In recent years, Bitcoin has attracted the attention of many investors due to its rapid price volatility. Based on this, Bitcoin price prediction models utilizing machine learning and deep learning techniques are evolving. This course covers how to use the ARIMA (AutoRegressive Integrated Moving Average) model to forecast Bitcoin price time series.
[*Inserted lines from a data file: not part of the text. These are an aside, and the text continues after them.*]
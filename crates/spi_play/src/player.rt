// Who picks the steps of a play.
ghost use Rattle.std.specs.Prelude.{◌≡◌, ℕ, ◌<◌, Option};
ghost use Rattle.spi_play.specs.Way.{Way, FollowsWay, next_count};

/// What a player is shown.
#[derive(Clone, Copy)]
pub struct Menu {
    /// How many steps are ready.
    pub ready: u64,
    /// How many places there are.
    pub places: u32,
}

/// What a player answers.
#[derive(Clone, Copy, Debug, PartialEq, Eq)]
pub enum Pick {
    /// To take the ready step with this number, counted from 0.
    Take(u64),
    /// To leave the play.
    Leave,
}

/// Picks the steps of a play.
///
/// It means how often it was asked, and its way, where it tells one.
pub trait Player: Drop {
    /// How often it was asked, which stays at u64's greatest value.
    ghost times: { Self → ℕ };

    /// Its way, where it tells one.
    ghost way: { Self → Option Way };

    /// Picks one of the steps that are ready, or leaves. Where it tells its way it answers by it.
    fn pick(&mut self, menu: &Menu) -> Pick
        requires { 0 < menu.now.ready }
        ensures times { times self.new ≡ next_count (times self.old) }
        ensures way { FollowsWay (way self.old) (times self.old) menu.now.ready result (way self.new) };

    /// How often it was asked.
    fn asked(&self) -> u64
        ensures { result ≡ times self.now };
}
1. Overview of the ARIMA Model
The ARIMA model is widely used to find patterns and make predictions in time series data. ARIMA consists of the following three components:
- AR (AutoRegressive) part: Analyzes the influence of past values on the current value.
- I (Integrated) part: Stabilizes the time series data by differencing it to ensure stationarity.
- MA (Moving Average) part: Analyzes the effect of past prediction errors on the current prediction.
ARIMA models are expressed in the form ARIMA(p, d, q)
, where p
is the number of autoregressive terms, d
is the number of differences, and q
is the number of moving average terms.
2. Collecting Bitcoin Price Time Series Data
To collect Bitcoin price data, several data provider APIs can be used. In this example, we will use the yfinance
library to collect the data. First, install the necessary libraries.
pip install yfinance
Example Code for Data Collection
import yfinance as yf
import pandas as pd
# Fetch Bitcoin data
btc_data = yf.download('BTC-USD', start='2020-01-01', end='2023-09-30')
btc_data['Close'].plot(title='Bitcoin Closing Prices', fontsize=14)
3. Preprocessing Time Series Data
Before applying the ARIMA model, it is essential to check the stability of the data. This involves visualizing the time series and conducting stationarity tests. The ADF (Augmented Dickey-Fuller) test can be used to check for stationarity.
Example Code for Stationarity Test
from statsmodels.tsa.stattools import adfuller
import matplotlib.pyplot as plt
# ADF test function
def adf_test(series):
result = adfuller(series, autolag='AIC')
print('ADF Statistic: %f' % result[0])
print('p-value: %f' % result[1])
for key, value in result[4].items():
print('Critical Values:')
print('\t%s: %.3f' % (key, value))
# Perform ADF test on closing price data
adf_test(btc_data['Close'])
4. Training the ARIMA Model
If the data is stationary, the ARIMA model can be trained. The ACF (Autocorrelation Function) and PACF (Partial Autocorrelation Function) plots are used to set the model parameters.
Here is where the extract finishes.